N.C. joins push-back against EPA power plant rules

Source: Jean Chemnick, E&E reporter • Posted: Monday, February 3, 2014

North Carolina Environment and Natural Resources Secretary John Skvarla told U.S. EPA Administrator Gina McCarthy in a letter obtained by Greenwire that her agency’s authority to regulate existing power plant emissions under Section 111(d) of the Clean Air Act is limited, if it exists at all.

The letter is another example of coal-dependent states’ continuing efforts to limit the scope of an upcoming EPA rule for power plant carbon emissions — a mandate some state lawmakers worry will undermine fossil-fuels-based economies.

The letter, which was dated Jan. 27, references a host of legal questions raised before by industry lawyers and other national opponents of the EPA rules and begins by reaffirming states’ role in shaping the rule, which forms the cornerstone of President Obama’s Climate Action Plan.

“I am sure that your agency agrees that cooperative federalism lies at the heart of the [Clean Air Act] 111(d) process and therefore it is critical that any emission guidelines proposed by EPA should respect that principle,” Skvarla said.

His letter references a discrepancy in the wording of the law that some say precludes EPA from regulating utilities for carbon dioxide under 111(d), because the sector is already being regulated for mercury and air toxics (Greenwire, Oct. 24, 2013).

It goes on to state that “in cases where the EPA does have the authority” to craft 111(d) regulations, the agency is limited to offering guidelines for “adequately demonstrated” ways individual power plants can curb their emissions on-site. The law does not allow EPA to use that section to craft the kind of broad, systemwide regulatory plan that environmentalists have touted as a means to significantly cut the sector’s carbon emissions.

The law does not allow EPA to set a target for emissions reduction and require states to meet it, the letter argued. If adequately demonstrated technology does not exist to allow utilities to reduce emissions by a set target, it argues, the target is unachievable.

Skvarla’s letter also asked EPA to provide states with additional time to phase in the existing power plant rule, so they will not expend resources implementing a rule that might ultimately be vacated in court.

While his letter focused on the existing power plant rule, which is due to be proposed by June 1, it also raised several oft-cited objections to the new power plant proposal issued Sept. 20. Among these was the role Energy Department-funded carbon capture and storage projects played in EPA’s finding that CCS is ready to allow new coal-fired power plants to comply with a new mandate for CCS. Three of the four projects EPA refers to in its proposal received government funds, and House Republicans have noted that a 2007 energy law prohibits government-backed projects from forming the basis of EPA air quality rules.

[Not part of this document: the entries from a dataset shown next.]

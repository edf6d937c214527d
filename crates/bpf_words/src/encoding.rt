ghost use Rattle.std.specs.Prelude.{◌≡◌, ℕ, ◌+◌, ◌<◌, ◌≤◌, ◌%◌, ◌^◌, length, Option};
ghost use Rattle.bpf_words.specs.Encoding.{code_of, offset_for, comparison_code, arithmetic_byte, jump_byte};
ghost use Rattle.bpf_words.specs.Encoding.{store_byte, width_of, bits_taken, conversion_byte, bits_kept, modifier_of};
ghost use Rattle.bpf_words.specs.Encoding.{signed_modifier, is_source, source_in, immediate_in, fields_for, slot_of};
ghost use Rattle.bpf_words.specs.Encoding.{second_slot, encoded, bytes_of, IsInsn};
ghost use Rattle.bpf_words.specs.RoundTrip.{ReadsBack};

use crate::fields::Fields;
use crate::instruction::{
    Arithmetic, Comparison, Conversion, ConvertedBits, Extension, Insn, Operand, SignedSize, Width,
};
use byteorder::{ByteOrder, LittleEndian};
use span_context::size::Size;

/// The bytes of an instruction: 8, or 16 of a wide load (RFC 9669, section 3).
#[derive(Clone, Copy)]
pub enum Encoded {
    OneSlot([u8; 8]),
    TwoSlots([u8; 16]),
}

impl Encoded {
    /// The bytes, one slot after the other.
    pub fn bytes(&self) -> &[u8]
        ensures { result.now ≡ bytes_of self.now }
    {
        match self {
            Encoded::OneSlot(bytes) => bytes,
            Encoded::TwoSlots(bytes) => bytes,
        }
    }
}

fn code(operation: Arithmetic) -> u8
    ensures value { result ≡ code_of operation }
    ensures small { result < 16 }
{
    match operation {
        Arithmetic::Add => 0x0,
        Arithmetic::Sub => 0x1,
        Arithmetic::Mul => 0x2,
        Arithmetic::Div | Arithmetic::SignedDiv => 0x3,
        Arithmetic::Or => 0x4,
        Arithmetic::And => 0x5,
        Arithmetic::Lsh => 0x6,
        Arithmetic::Rsh => 0x7,
        Arithmetic::Mod | Arithmetic::SignedMod => 0x9,
        Arithmetic::Xor => 0xa,
        Arithmetic::Mov => 0xb,
        Arithmetic::Arsh => 0xc,
    }
}

fn operation_offset(operation: Arithmetic) -> u16
    ensures { result ≡ offset_for operation }
{
    match operation {
        Arithmetic::SignedDiv | Arithmetic::SignedMod => 1,
        _ => 0,
    }
}

fn test_code(comparison: Comparison) -> u8
    ensures value { result ≡ comparison_code comparison }
    ensures small { result < 16 }
{
    match comparison {
        Comparison::Equal => 0x1,
        Comparison::Greater => 0x2,
        Comparison::GreaterOrEqual => 0x3,
        Comparison::AnyBit => 0x4,
        Comparison::NotEqual => 0x5,
        Comparison::SignedGreater => 0x6,
        Comparison::SignedGreaterOrEqual => 0x7,
        Comparison::Less => 0xa,
        Comparison::LessOrEqual => 0xb,
        Comparison::SignedLess => 0xc,
        Comparison::SignedLessOrEqual => 0xd,
    }
}

fn arithmetic_opcode(width: Width, by_register: bool, code: u8) -> u8
    requires { code < 16 }
    ensures { result ≡ arithmetic_byte width by_register code }
{
    let source_bit = if by_register { 8 } else { 0 };
    match width {
        Width::Narrow => 16 * code + source_bit + 4,
        Width::Full => 16 * code + source_bit + 7,
    }
}

fn jump_opcode(width: Width, by_register: bool, code: u8) -> u8
    requires { code < 16 }
    ensures { result ≡ jump_byte width by_register code }
{
    let source_bit = if by_register { 8 } else { 0 };
    match width {
        Width::Full => 16 * code + source_bit + 5,
        Width::Narrow => 16 * code + source_bit + 6,
    }
}

fn conversion_opcode(conversion: Conversion) -> u8
    ensures { result ≡ conversion_byte conversion }
{
    match conversion {
        Conversion::ToLittleEndian => 0xd4,
        Conversion::ToBigEndian => 0xdc,
        Conversion::Swap => 0xd7,
    }
}

fn converted_bits(bits: ConvertedBits) -> u32
    ensures { result ≡ bits_kept bits }
{
    match bits {
        ConvertedBits::Bits16 => 16,
        ConvertedBits::Bits32 => 32,
        ConvertedBits::Bits64 => 64,
    }
}

fn extension_width(extension: Extension) -> Width
    ensures { result ≡ width_of extension }
{
    match extension {
        Extension::FromByte | Extension::FromHalf | Extension::FromWord => Width::Full,
        Extension::NarrowFromByte | Extension::NarrowFromHalf => Width::Narrow,
    }
}

fn extension_offset(extension: Extension) -> u16
    ensures { result ≡ bits_taken extension }
{
    match extension {
        Extension::FromByte | Extension::NarrowFromByte => 8,
        Extension::FromHalf | Extension::NarrowFromHalf => 16,
        Extension::FromWord => 32,
    }
}

fn modifier(size: Size) -> u8
    ensures value { result ≡ modifier_of size }
    ensures small { result < 4 }
{
    match size {
        Size::Word => 0,
        Size::Half => 1,
        Size::Byte => 2,
        Size::Double => 3,
    }
}

fn modifier_signed(size: SignedSize) -> u8
    ensures value { result ≡ signed_modifier size }
    ensures small { result < 4 }
{
    match size {
        SignedSize::SignedWord => 0,
        SignedSize::SignedHalf => 1,
        SignedSize::SignedByte => 2,
    }
}

fn store_opcode(by_register: bool, modifier: u8) -> u8
    requires { modifier < 4 }
    ensures { result ≡ store_byte by_register modifier }
{
    if by_register {
        0x63 + 8 * modifier
    } else {
        0x62 + 8 * modifier
    }
}

fn is_register(operand: &Operand) -> bool
    ensures { result ≡ is_source operand.now }
{
    match operand {
        Operand::Immediate(_) => false,
        Operand::Source(_) => true,
    }
}

fn source_number(operand: &Operand) -> u8
    ensures value { result ≡ source_in operand.now }
    ensures small { result ≤ 10 }
{
    match operand {
        Operand::Immediate(_) => 0,
        Operand::Source(register) => register.number(),
    }
}

fn immediate_number(operand: &Operand) -> u32
    ensures { result ≡ immediate_in operand.now }
{
    match operand {
        Operand::Immediate(value) => value.cast_unsigned(),
        Operand::Source(_) => 0,
    }
}

fn opcode(insn: Insn) -> u8
    ensures value { result ≡ (fields_for insn).opcode }
    ensures valid { IsInsn insn }
{
    match insn {
        Insn::Compute {
            width,
            operation,
            operand,
            ..
        } => arithmetic_opcode(width, is_register(&operand), code(operation)),
        Insn::Negate { width, .. } => arithmetic_opcode(width, false, 0x8),
        Insn::Extend { extension, .. } => {
            arithmetic_opcode(extension_width(extension), true, code(Arithmetic::Mov))
        }
        Insn::Convert { conversion, .. } => conversion_opcode(conversion),
        Insn::Jump { .. } => jump_opcode(Width::Full, false, 0x0),
        Insn::JumpLong { .. } => jump_opcode(Width::Narrow, false, 0x0),
        Insn::Branch {
            width,
            comparison,
            right,
            ..
        } => jump_opcode(width, is_register(&right), test_code(comparison)),
        Insn::Load { size, .. } => 0x61 + 8 * modifier(size),
        Insn::LoadSigned { size, .. } => 0x81 + 8 * modifier_signed(size),
        Insn::Store { size, value, .. } => store_opcode(is_register(&value), modifier(size)),
        Insn::LoadWide { .. } => 0x18,
        Insn::Exit => jump_opcode(Width::Full, false, 0x9),
    }
}

fn destination(insn: &Insn) -> u8
    ensures value { result ≡ (fields_for insn.now).destination }
    ensures small { result ≤ 10 }
{
    match *insn {
        Insn::Compute { destination, .. }
        | Insn::Negate { destination, .. }
        | Insn::Extend { destination, .. }
        | Insn::Convert { destination, .. }
        | Insn::Load { destination, .. }
        | Insn::LoadSigned { destination, .. }
        | Insn::LoadWide { destination, .. } => destination.number(),
        Insn::Branch { left, .. } => left.number(),
        Insn::Store { base, .. } => base.number(),
        Insn::Jump { .. } | Insn::JumpLong { .. } | Insn::Exit => 0,
    }
}

fn source(insn: &Insn) -> u8
    ensures value { result ≡ (fields_for insn.now).source }
    ensures small { result ≤ 10 }
{
    match *insn {
        Insn::Compute { operand, .. } => source_number(&operand),
        Insn::Branch { right, .. } => source_number(&right),
        Insn::Store { value, .. } => source_number(&value),
        Insn::Extend { source, .. } => source.number(),
        Insn::Load { base, .. } | Insn::LoadSigned { base, .. } => base.number(),
        _ => 0,
    }
}

fn offset(insn: &Insn) -> u16
    ensures { result ≡ (fields_for insn.now).offset }
{
    match *insn {
        Insn::Compute { operation, .. } => operation_offset(operation),
        Insn::Extend { extension, .. } => extension_offset(extension),
        Insn::Jump { distance } => distance.cast_unsigned(),
        Insn::Branch { distance, .. } => distance.cast_unsigned(),
        Insn::Load { offset, .. } => offset.cast_unsigned(),
        Insn::LoadSigned { offset, .. } => offset.cast_unsigned(),
        Insn::Store { offset, .. } => offset.cast_unsigned(),
        _ => 0,
    }
}

fn immediate(insn: &Insn) -> u32
    ensures { result ≡ (fields_for insn.now).immediate }
{
    match *insn {
        Insn::Compute { operand, .. } => immediate_number(&operand),
        Insn::Branch { right, .. } => immediate_number(&right),
        Insn::Store { value, .. } => immediate_number(&value),
        Insn::Convert { bits, .. } => converted_bits(bits),
        Insn::JumpLong { distance } => distance.cast_unsigned(),
        Insn::LoadWide { value, .. } => (value % (1 << 32)) as u32,
        _ => 0,
    }
}

fn fields(insn: Insn) -> Fields
    ensures value { result ≡ fields_for insn }
    ensures small { (result.destination ≤ 10) × (result.source ≤ 10) }
    ensures valid { IsInsn insn }
{
    Fields {
        destination: destination(&insn),
        source: source(&insn),
        offset: offset(&insn),
        immediate: immediate(&insn),
        opcode: opcode(insn),
    }
}

/// A slot as one number.
fn slot(fields: &Fields) -> u64
    requires destination { fields.now.destination ≤ 10 }
    requires source { fields.now.source ≤ 10 }
    ensures { result ≡ slot_of fields.now }
{
    u64::from(fields.opcode)
        + u64::from(fields.destination) * (1 << 8)
        + u64::from(fields.source) * (1 << 12)
        + u64::from(fields.offset) * (1 << 16)
        + u64::from(fields.immediate) * (1 << 32)
}

/// The second slot of a wide load.
fn second_slot_of(insn: &Insn) -> Option<u64>
    ensures { result ≡ second_slot insn.now }
{
    match insn {
        Insn::LoadWide { value, .. } => Some(*value / (1 << 32) * (1 << 32)),
        _ => None,
    }
}

/// The bytes of an instruction, which read as it again.
#[tactic(auto, unfolding(crate::specs::Encoding::encoded))]
pub fn encode(insn: Insn) -> Encoded
    ensures value { bytes_of result ≡ encoded insn }
    ensures reads_back { ReadsBack insn (encoded insn) }
{
    let second = second_slot_of(&insn);
    let first = slot(&fields(insn));
    match second {
        Some(second) => {
            let mut bytes = [0; 16];
            LittleEndian::write_u64(&mut bytes[0..8], first);
            LittleEndian::write_u64(&mut bytes[8..16], second);
            Encoded::TwoSlots(bytes)
        }
        None => Encoded::OneSlot(first.to_le_bytes()),
    }
}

The letter comes as a bill continues to move through the Virginia Senate that its authors hope will limit the effect of EPA’s existing power plant regulation on that state’s utilities (Greenwire, Jan. 30)

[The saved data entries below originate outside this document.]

ghost use Rattle.std.specs.Prelude.{◌≡◌, ℕ, ◌≤◌, ◌<◌, ◌↔◌, IsSome, IfSome};

use std::marker::Model;

/// A register's number, 0 to 10.
#[derive(Clone, Copy)]
pub struct Register {
    number: u8,
}

impl Model for Register {
    ghost Value = { ℕ };

    ghost view = { λ r. r.number };

    ghost invariant = { λ r. r.number ≤ 10 };

    ghost inverse = { λ n. record { number = n } };
}

impl Register {
    /// The register that holds a run's number at its end (RFC 9669, section 4.3, EXIT).
    pub fn r0() -> Self
        ensures { result ≡ 0 }
    {
        Register { number: 0 }
    }

    /// The register of a number, where there is one.
    pub fn new(number: u8) -> Option<Self>
        ensures valid { IsSome result ↔ (number ≤ 10) }
        ensures value { IfSome result (λ r. r ≡ number) }
    {
        if number <= 10 {
            Some(Register { number })
        } else {
            None
        }
    }

    /// The number, 0 to 10.
    pub fn number(self) -> u8
        ensures value { result ≡ self }
        ensures small { result ≤ 10 }
    {
        self.number
    }

    /// The number as an index among the registers.
    pub fn index(self) -> usize
        ensures value { result ≡ self }
        ensures small { result < 11 }
    {
        usize::from(self.number)
    }
}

But the bill authored by GOP Sen. Charles Carrico was substantially amended during yesterday’s markup in the Senate’s Agriculture, Conservation and Natural Resources Committee. Where the measure would have mandated that state regulators limit their implementation plan to what can be achieved on-site at individual power plants, it now would require a study to look at ways to limit emissions. The panel also voted to strike the bill’s prohibition on Virginia’s submitting an implementation plan for the rule that would exceed any minimum requirement put forward in EPA guidelines.